**The problem:** Could you reproduce every entry that follows, exactly as shown?

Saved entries
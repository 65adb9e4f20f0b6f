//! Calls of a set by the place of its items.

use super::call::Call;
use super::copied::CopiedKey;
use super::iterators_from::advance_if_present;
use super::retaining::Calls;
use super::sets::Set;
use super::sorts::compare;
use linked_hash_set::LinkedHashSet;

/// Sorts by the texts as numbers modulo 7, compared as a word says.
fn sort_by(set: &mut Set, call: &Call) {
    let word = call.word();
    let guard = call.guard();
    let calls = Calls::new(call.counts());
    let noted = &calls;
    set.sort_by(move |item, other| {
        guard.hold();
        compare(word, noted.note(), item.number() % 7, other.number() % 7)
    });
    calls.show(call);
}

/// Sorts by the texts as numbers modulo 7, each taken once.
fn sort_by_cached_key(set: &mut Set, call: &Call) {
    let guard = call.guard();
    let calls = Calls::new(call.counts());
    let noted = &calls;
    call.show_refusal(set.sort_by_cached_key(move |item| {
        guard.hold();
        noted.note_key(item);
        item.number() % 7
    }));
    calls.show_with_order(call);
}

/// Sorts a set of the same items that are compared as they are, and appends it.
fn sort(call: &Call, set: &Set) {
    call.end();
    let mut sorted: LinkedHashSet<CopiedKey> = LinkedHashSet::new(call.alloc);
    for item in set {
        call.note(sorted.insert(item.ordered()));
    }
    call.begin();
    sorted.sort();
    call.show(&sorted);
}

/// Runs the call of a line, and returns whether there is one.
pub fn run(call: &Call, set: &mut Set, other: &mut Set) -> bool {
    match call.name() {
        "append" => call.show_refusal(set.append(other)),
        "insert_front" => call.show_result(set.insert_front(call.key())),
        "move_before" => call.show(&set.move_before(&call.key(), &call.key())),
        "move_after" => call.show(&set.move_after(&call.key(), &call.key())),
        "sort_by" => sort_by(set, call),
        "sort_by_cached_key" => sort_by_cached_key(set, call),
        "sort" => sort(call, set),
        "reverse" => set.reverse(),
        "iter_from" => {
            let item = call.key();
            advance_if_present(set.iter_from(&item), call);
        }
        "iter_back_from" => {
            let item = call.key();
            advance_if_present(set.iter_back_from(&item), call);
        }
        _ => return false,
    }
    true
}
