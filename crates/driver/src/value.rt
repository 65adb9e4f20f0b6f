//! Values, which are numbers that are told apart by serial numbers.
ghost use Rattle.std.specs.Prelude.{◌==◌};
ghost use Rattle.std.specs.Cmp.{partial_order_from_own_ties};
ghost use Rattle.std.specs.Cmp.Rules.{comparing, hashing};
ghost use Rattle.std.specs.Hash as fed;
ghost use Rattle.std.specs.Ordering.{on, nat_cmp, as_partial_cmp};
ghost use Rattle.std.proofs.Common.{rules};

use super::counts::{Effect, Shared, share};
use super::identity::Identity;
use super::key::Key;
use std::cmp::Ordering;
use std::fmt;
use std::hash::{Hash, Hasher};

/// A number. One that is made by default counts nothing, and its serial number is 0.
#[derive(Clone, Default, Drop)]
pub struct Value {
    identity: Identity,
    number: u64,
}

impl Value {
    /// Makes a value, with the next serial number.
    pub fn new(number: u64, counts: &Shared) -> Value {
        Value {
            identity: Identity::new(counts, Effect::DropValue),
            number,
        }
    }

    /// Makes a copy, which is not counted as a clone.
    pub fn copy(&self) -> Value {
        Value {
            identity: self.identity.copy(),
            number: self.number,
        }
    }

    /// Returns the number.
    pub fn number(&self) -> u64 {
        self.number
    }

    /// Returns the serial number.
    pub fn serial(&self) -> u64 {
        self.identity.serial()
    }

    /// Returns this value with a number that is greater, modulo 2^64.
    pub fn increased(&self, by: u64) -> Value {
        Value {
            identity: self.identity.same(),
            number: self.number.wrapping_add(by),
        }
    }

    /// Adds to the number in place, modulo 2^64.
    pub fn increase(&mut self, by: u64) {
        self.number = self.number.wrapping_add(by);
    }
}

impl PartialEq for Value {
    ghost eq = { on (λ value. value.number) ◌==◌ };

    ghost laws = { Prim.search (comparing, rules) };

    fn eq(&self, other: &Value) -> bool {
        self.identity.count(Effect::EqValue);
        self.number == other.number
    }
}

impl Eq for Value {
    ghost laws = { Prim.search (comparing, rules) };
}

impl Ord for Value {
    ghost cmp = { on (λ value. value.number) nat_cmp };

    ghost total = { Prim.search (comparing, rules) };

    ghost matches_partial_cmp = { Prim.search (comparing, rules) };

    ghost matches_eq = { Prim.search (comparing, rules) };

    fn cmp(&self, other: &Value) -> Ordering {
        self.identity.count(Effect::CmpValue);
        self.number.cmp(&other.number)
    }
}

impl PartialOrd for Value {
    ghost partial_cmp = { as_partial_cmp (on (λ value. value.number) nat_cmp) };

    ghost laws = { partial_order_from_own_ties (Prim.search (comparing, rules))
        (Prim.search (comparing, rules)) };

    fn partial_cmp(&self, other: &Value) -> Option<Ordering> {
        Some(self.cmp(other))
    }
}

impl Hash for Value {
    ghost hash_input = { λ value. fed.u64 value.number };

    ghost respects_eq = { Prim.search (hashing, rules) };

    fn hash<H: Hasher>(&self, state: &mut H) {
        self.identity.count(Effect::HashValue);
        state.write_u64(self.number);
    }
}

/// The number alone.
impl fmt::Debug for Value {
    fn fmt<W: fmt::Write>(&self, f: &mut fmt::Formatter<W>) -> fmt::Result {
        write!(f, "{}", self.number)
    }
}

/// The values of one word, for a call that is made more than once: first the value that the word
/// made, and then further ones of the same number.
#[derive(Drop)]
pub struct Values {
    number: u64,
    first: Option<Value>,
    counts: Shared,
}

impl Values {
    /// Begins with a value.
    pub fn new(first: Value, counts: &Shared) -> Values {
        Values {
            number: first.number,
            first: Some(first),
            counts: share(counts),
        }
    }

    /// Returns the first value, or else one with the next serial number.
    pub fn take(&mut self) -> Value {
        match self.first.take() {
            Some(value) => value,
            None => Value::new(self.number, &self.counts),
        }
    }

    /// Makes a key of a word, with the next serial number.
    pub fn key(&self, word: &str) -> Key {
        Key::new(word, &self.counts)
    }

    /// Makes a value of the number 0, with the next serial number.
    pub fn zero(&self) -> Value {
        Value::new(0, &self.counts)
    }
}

**Output:**
repository 65adb9e4f20f0b6f
//! Calls of a set by the place of its items.

use super::call::Call;
use super::copied::CopiedKey;
use super::iterators_from::advance_if_present;
use super::retaining::Calls;
use super::sets::Set;
use super::sorts::compare;
use linked_hash_set::LinkedHashSet;

/// Sorts by the texts as numbers modulo 7, compared as a word says.
fn sort_by(set: &mut Set, call: &Call) {
    let word = call.word();
    let guard = call.guard();
    let calls = Calls::new(call.counts());
    let noted = &calls;
    set.sort_by(move |item, other| {
        guard.hold();
        compare(word, noted.note(), item.number() % 7, other.number() % 7)
    });
    calls.show(call);
}

/// Sorts by the texts as numbers modulo 7, each taken once.
fn sort_by_cached_key(set: &mut Set, call: &Call) {
    let guard = call.guard();
    let calls = Calls::new(call.counts());
    let noted = &calls;
    call.show_refusal(set.sort_by_cached_key(move |item| {
        guard.hold();
        noted.note_key(item);
        item.number() % 7
    }));
    calls.show_with_order(call);
}

/// Sorts a set of the same items that are compared as they are, and appends it.
fn sort(call: &Call, set: &Set) {
    call.end();
    let mut sorted: LinkedHashSet<CopiedKey> = LinkedHashSet::new(call.alloc);
    for item in set {
        call.note(sorted.insert(item.ordered()));
    }
    call.begin();
    sorted.sort();
    call.show(&sorted);
}

/// Runs the call of a line, and returns whether there is one.
pub fn run(call: &Call, set: &mut Set, other: &mut Set) -> bool {
    match call.name() {
        "append" => call.show_refusal(set.append(other)),
        "insert_front" => call.show_result(set.insert_front(call.key())),
        "move_before" => call.show(&set.move_before(&call.key(), &call.key())),
        "move_after" => call.show(&set.move_after(&call.key(), &call.key())),
        "sort_by" => sort_by(set, call),
        "sort_by_cached_key" => sort_by_cached_key(set, call),
        "sort" => sort(call, set),
        "reverse" => set.reverse(),
        "iter_from" => {
            let item = call.key();
            advance_if_present(set.iter_from(&item), call);
        }
        "iter_back_from" => {
            let item = call.key();
            advance_if_present(set.iter_back_from(&item), call);
        }
        _ => return false,
    }
    true
}
filename crates/driver/src/value.rt
repository 65adb9e4f20f0b6f
//! Values, which are numbers that are told apart by serial numbers.
ghost use Rattle.std.specs.Prelude.{◌==◌};
ghost use Rattle.std.specs.Cmp.{partial_order_from_own_ties};
ghost use Rattle.std.specs.Cmp.Rules.{comparing, hashing};
ghost use Rattle.std.specs.Hash as fed;
ghost use Rattle.std.specs.Ordering.{on, nat_cmp, as_partial_cmp};
ghost use Rattle.std.proofs.Common.{rules};

use super::counts::{Effect, Shared, share};
use super::identity::Identity;
use super::key::Key;
use std::cmp::Ordering;
use std::fmt;
use std::hash::{Hash, Hasher};

/// A number. One that is made by default counts nothing, and its serial number is 0.
#[derive(Clone, Default, Drop)]
pub struct Value {
    identity: Identity,
    number: u64,
}

impl Value {
    /// Makes a value, with the next serial number.
    pub fn new(number: u64, counts: &Shared) -> Value {
        Value {
            identity: Identity::new(counts, Effect::DropValue),
            number,
        }
    }

    /// Makes a copy, which is not counted as a clone.
    pub fn copy(&self) -> Value {
        Value {
            identity: self.identity.copy(),
            number: self.number,
        }
    }

    /// Returns the number.
    pub fn number(&self) -> u64 {
        self.number
    }

    /// Returns the serial number.
    pub fn serial(&self) -> u64 {
        self.identity.serial()
    }

    /// Returns this value with a number that is greater, modulo 2^64.
    pub fn increased(&self, by: u64) -> Value {
        Value {
            identity: self.identity.same(),
            number: self.number.wrapping_add(by),
        }
    }

    /// Adds to the number in place, modulo 2^64.
    pub fn increase(&mut self, by: u64) {
        self.number = self.number.wrapping_add(by);
    }
}

impl PartialEq for Value {
    ghost eq = { on (λ value. value.number) ◌==◌ };

    ghost laws = { Prim.search (comparing, rules) };

    fn eq(&self, other: &Value) -> bool {
        self.identity.count(Effect::EqValue);
        self.number == other.number
    }
}

impl Eq for Value {
    ghost laws = { Prim.search (comparing, rules) };
}

impl Ord for Value {
    ghost cmp = { on (λ value. value.number) nat_cmp };

    ghost total = { Prim.search (comparing, rules) };

    ghost matches_partial_cmp = { Prim.search (comparing, rules) };

    ghost matches_eq = { Prim.search (comparing, rules) };

    fn cmp(&self, other: &Value) -> Ordering {
        self.identity.count(Effect::CmpValue);
        self.number.cmp(&other.number)
    }
}

impl PartialOrd for Value {
    ghost partial_cmp = { as_partial_cmp (on (λ value. value.number) nat_cmp) };

    ghost laws = { partial_order_from_own_ties (Prim.search (comparing, rules))
        (Prim.search (comparing, rules)) };

    fn partial_cmp(&self, other: &Value) -> Option<Ordering> {
        Some(self.cmp(other))
    }
}

impl Hash for Value {
    ghost hash_input = { λ value. fed.u64 value.number };

    ghost respects_eq = { Prim.search (hashing, rules) };

    fn hash<H: Hasher>(&self, state: &mut H) {
        self.identity.count(Effect::HashValue);
        state.write_u64(self.number);
    }
}

/// The number alone.
impl fmt::Debug for Value {
    fn fmt<W: fmt::Write>(&self, f: &mut fmt::Formatter<W>) -> fmt::Result {
        write!(f, "{}", self.number)
    }
}

/// The values of one word, for a call that is made more than once: first the value that the word
/// made, and then further ones of the same number.
#[derive(Drop)]
pub struct Values {
    number: u64,
    first: Option<Value>,
    counts: Shared,
}

impl Values {
    /// Begins with a value.
    pub fn new(first: Value, counts: &Shared) -> Values {
        Values {
            number: first.number,
            first: Some(first),
            counts: share(counts),
        }
    }

    /// Returns the first value, or else one with the next serial number.
    pub fn take(&mut self) -> Value {
        match self.first.take() {
            Some(value) => value,
            None => Value::new(self.number, &self.counts),
        }
    }

    /// Makes a key of a word, with the next serial number.
    pub fn key(&self, word: &str) -> Key {
        Key::new(word, &self.counts)
    }

    /// Makes a value of the number 0, with the next serial number.
    pub fn zero(&self) -> Value {
        Value::new(0, &self.counts)
    }
}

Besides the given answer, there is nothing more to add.